TASK DATA
· · · · · · ·

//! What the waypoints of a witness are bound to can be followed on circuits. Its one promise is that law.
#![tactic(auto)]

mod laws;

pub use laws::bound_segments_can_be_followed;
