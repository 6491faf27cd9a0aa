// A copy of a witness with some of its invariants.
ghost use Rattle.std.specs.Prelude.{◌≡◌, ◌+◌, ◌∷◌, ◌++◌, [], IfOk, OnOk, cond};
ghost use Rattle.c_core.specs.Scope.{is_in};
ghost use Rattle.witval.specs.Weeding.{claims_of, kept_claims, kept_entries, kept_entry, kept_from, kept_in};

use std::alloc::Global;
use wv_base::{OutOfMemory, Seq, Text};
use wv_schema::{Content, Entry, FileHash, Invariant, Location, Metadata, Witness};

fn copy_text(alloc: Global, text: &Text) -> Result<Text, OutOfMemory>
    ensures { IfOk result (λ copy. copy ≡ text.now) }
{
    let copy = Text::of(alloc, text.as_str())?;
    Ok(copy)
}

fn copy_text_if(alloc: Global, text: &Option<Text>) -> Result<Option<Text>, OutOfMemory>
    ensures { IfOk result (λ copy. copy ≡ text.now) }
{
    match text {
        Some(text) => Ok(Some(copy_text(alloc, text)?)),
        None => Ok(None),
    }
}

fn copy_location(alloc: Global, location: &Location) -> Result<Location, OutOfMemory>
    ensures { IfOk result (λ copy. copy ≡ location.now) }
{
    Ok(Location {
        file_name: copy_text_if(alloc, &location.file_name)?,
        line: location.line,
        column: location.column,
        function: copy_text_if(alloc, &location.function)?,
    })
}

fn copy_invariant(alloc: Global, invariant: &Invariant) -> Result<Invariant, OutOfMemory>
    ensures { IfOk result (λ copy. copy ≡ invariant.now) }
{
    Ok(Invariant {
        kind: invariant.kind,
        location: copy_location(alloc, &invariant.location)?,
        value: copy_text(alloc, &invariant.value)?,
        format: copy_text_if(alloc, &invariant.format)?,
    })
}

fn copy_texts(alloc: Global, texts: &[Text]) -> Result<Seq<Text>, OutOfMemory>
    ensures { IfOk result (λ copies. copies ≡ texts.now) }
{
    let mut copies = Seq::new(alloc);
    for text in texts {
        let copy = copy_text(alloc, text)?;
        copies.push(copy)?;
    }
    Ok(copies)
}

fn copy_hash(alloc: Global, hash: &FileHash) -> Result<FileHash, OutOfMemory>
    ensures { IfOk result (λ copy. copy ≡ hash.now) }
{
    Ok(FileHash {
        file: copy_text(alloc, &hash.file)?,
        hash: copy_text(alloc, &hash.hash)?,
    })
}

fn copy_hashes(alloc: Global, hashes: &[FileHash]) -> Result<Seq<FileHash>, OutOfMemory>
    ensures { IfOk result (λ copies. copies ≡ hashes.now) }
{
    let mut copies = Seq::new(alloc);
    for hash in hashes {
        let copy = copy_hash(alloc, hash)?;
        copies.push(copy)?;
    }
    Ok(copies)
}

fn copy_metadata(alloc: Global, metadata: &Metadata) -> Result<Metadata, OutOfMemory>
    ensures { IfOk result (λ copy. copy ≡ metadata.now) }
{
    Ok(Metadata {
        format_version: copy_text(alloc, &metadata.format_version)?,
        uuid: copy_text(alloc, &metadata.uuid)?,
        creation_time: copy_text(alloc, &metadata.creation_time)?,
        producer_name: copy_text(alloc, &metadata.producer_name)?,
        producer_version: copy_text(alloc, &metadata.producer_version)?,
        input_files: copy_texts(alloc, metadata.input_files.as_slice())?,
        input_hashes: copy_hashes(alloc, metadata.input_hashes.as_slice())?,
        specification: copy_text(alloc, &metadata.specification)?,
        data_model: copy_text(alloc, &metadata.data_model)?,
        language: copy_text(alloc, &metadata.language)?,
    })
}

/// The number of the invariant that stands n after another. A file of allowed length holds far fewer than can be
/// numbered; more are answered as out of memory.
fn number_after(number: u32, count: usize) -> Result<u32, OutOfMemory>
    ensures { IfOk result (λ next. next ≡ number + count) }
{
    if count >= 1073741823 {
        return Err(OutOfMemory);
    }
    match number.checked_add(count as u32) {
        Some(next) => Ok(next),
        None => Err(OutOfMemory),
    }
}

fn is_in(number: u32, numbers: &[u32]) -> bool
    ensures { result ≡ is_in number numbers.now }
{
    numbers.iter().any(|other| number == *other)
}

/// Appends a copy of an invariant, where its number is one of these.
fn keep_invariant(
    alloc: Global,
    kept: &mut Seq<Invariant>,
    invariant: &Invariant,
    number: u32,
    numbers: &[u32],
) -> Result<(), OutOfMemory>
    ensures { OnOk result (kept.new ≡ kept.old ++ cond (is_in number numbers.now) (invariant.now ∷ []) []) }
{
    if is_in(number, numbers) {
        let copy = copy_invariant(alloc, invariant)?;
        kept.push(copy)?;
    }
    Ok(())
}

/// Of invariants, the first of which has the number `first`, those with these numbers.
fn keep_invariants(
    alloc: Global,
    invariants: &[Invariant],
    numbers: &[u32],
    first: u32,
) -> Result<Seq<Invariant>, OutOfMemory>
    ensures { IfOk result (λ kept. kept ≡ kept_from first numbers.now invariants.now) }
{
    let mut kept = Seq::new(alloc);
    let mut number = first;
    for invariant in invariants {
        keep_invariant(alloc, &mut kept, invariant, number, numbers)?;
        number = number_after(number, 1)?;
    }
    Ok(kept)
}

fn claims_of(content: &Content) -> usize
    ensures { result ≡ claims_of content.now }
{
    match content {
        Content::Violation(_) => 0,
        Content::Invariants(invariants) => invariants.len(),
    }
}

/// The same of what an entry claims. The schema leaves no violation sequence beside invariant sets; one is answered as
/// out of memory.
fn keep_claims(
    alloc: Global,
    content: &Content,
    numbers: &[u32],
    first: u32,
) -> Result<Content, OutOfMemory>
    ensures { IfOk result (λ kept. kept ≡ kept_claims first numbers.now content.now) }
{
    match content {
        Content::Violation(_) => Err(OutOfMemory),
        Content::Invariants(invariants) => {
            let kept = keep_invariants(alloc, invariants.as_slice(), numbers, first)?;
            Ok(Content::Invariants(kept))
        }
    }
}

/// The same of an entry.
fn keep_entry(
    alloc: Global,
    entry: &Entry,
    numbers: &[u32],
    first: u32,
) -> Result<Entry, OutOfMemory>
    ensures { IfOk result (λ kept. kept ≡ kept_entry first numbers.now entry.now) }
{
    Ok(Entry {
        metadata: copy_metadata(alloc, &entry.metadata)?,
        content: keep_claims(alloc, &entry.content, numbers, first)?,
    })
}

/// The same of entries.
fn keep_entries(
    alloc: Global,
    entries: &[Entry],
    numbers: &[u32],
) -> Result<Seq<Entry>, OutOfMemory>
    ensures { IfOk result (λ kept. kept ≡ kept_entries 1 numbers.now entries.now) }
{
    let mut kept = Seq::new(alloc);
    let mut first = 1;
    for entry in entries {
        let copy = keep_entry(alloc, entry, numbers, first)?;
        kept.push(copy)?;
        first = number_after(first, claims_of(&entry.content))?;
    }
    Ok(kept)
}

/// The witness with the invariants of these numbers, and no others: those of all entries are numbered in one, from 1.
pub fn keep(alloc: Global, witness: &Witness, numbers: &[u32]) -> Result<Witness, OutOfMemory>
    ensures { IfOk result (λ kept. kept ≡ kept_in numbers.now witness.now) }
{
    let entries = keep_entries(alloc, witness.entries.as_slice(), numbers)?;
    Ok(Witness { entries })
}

· · · · · · ·

Wherever the word "these" turns up in the material, copy the whole line.

/// Appends a copy of an invariant, where its number is one of these.
/// Of invariants, the first of which has the number `first`, those with these numbers.
/// The witness with the invariants of these numbers, and no others: those of all entries are numbered in one, from 1.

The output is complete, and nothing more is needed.